Failure That Leads to Godliness
All those who were in distress or in debt or discontented gathered around him, and he became their leader (1 Samuel 22:2).
God uses broken things to accomplish His greatest work. When David was anointed to be the next king, he was just a boy, the youngest among all his brothers. Little did he know that the next several years would be years of fleeing from Saul whose successes turned into obsessions as a leader who had fallen from God's anointing. Perhaps David thought, "Why am I living a life as a fugitive?" I am the next king of Israel. Yet, his life was filled with adversity after adversity before he ever fulfilled the ultimate calling God had for him. Others began to hear of David's successes and identify with his plight. But, it wasn't the successful and polished who came to join him. It was "those who were in distress or in debt or discontented" who would be part of his army—and an army it was! His army would become known throughout the world as the greatest ever assembled, not because of their skill, but because of the God behind the army. God turned David's men into "mighty men of valor" (see 1 Chron. 11:10).

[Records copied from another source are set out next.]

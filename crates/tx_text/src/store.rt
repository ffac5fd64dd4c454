// Where a text keeps its UTF-8: a short one in the value itself, which takes no memory, and a longer one in a string, beside
// how many characters it has.
ghost use Rattle.std.specs.Prelude.{◌≡◌, ◌++◌, [], length, IfOk, OnOk, OnErr, string_bytes};
ghost use Rattle.std.specs.Str.{chars};
ghost use Rattle.tx_text.specs.Calls.Store.{IsCounted, store_bytes};

use crate::NoMemory;
use crate::points::char_count;
use arrayvec::ArrayString;
use std::alloc::Global;

/// How many bytes a text has at most that takes no memory.
const INLINE: usize = 24;

#[derive(Debug, Drop)]
pub(crate) enum Store {
    Short(ArrayString<24>),
    /// A string, and how many characters it has.
    Long(String, usize),
}

impl Store {
    /// Nothing.
    pub(crate) fn new() -> Store
        ensures bytes { store_bytes result ≡ [] }
        ensures counted { IsCounted result }
    {
        Store::Short(ArrayString::new())
    }

    /// A string's bytes. Those of a short one are moved inside, and its memory is given back.
    pub(crate) fn of_string(text: String) -> Store
        ensures bytes { store_bytes result ≡ string_bytes text }
        ensures counted { IsCounted result }
    {
        let bytes = text.as_str();
        if bytes.len() <= INLINE {
            let mut short = ArrayString::new();
            short.push_str(bytes);
            return Store::Short(short);
        }
        let count = char_count(bytes);
        Store::Long(text, count)
    }

    /// The bytes of a text.
    pub(crate) fn from_str(alloc: Global, s: &str) -> Result<Store, NoMemory>
        ensures bytes { IfOk result (λ t. store_bytes t ≡ s.now) }
        ensures counted { IfOk result IsCounted }
    {
        match ArrayString::from(s) {
            Ok(text) => Ok(Store::Short(text)),
            Err(_) => Ok(Store::of_string(String::from_str(alloc, s)?)),
        }
    }

    /// The text for Rust's own string functions.
    pub(crate) fn as_str(&self) -> &str
        ensures { result.now ≡ store_bytes self.now }
    {
        match self {
            Store::Short(text) => text.as_str(),
            Store::Long(text, _) => text.as_str(),
        }
    }

    /// How many characters there are.
    pub(crate) fn count(&self) -> usize
        requires { IsCounted self.now }
        ensures { result ≡ length (chars (store_bytes self.now)) }
    {
        match self {
            Store::Short(text) => char_count(text.as_str()),
            Store::Long(_, count) => *count,
        }
    }

    /// Adds a text's bytes at the end. Where memory is refused, nothing is changed.
    pub(crate) fn push_str(&mut self, alloc: Global, more: &str) -> Result<(), NoMemory>
        requires { IsCounted self.old }
        ensures ok { OnOk result (chars (store_bytes self.new) ≡ chars (store_bytes self.old) ++ chars more.now) }
        ensures err { OnErr result (store_bytes self.new ≡ store_bytes self.old) }
        ensures counted { IsCounted self.new }
    {
        match self {
            Store::Long(text, count) => {
                text.push_str(more)?;
                *count += char_count(more);
                Ok(())
            }
            Store::Short(text) => {
                let longer = extended(*text, alloc, more)?;
                *self = longer;
                Ok(())
            }
        }
    }
}

// A short text with another behind it.
fn extended(text: ArrayString<24>, alloc: Global, more: &str) -> Result<Store, NoMemory>
    ensures bytes { IfOk result (λ t. chars (store_bytes t) ≡ chars text.bytes ++ chars more.now) }
    ensures counted { IfOk result IsCounted }
{
    let front = text.as_str();
    if more.len() <= INLINE - front.len() {
        let mut both = text;
        both.push_str(more);
        return Ok(Store::Short(both));
    }
    let mut longer = String::with_capacity(alloc, front.len().saturating_add(more.len()))?;
    longer.push_str(front)?;
    longer.push_str(more)?;
    Ok(Store::of_string(longer))
}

God often uses failure to make us useful. When Jesus called the disciples, He did not go out and find the most qualified and successful people. He found the most willing, and He found them in the workplace. He found a fisherman, a tax collector, and a farmer.
The Hebrews knew that failure was a part of maturing in God. The Greeks used failure as a reason for disqualification. Sadly, in the Church, we often treat one another in this way. This is not God's way. We need to understand that failing does not make us failures. It makes us experienced. It makes us more prepared to be useful in God's Kingdom—if we have learned from it. And that is the most important ingredient for what God wants in His children.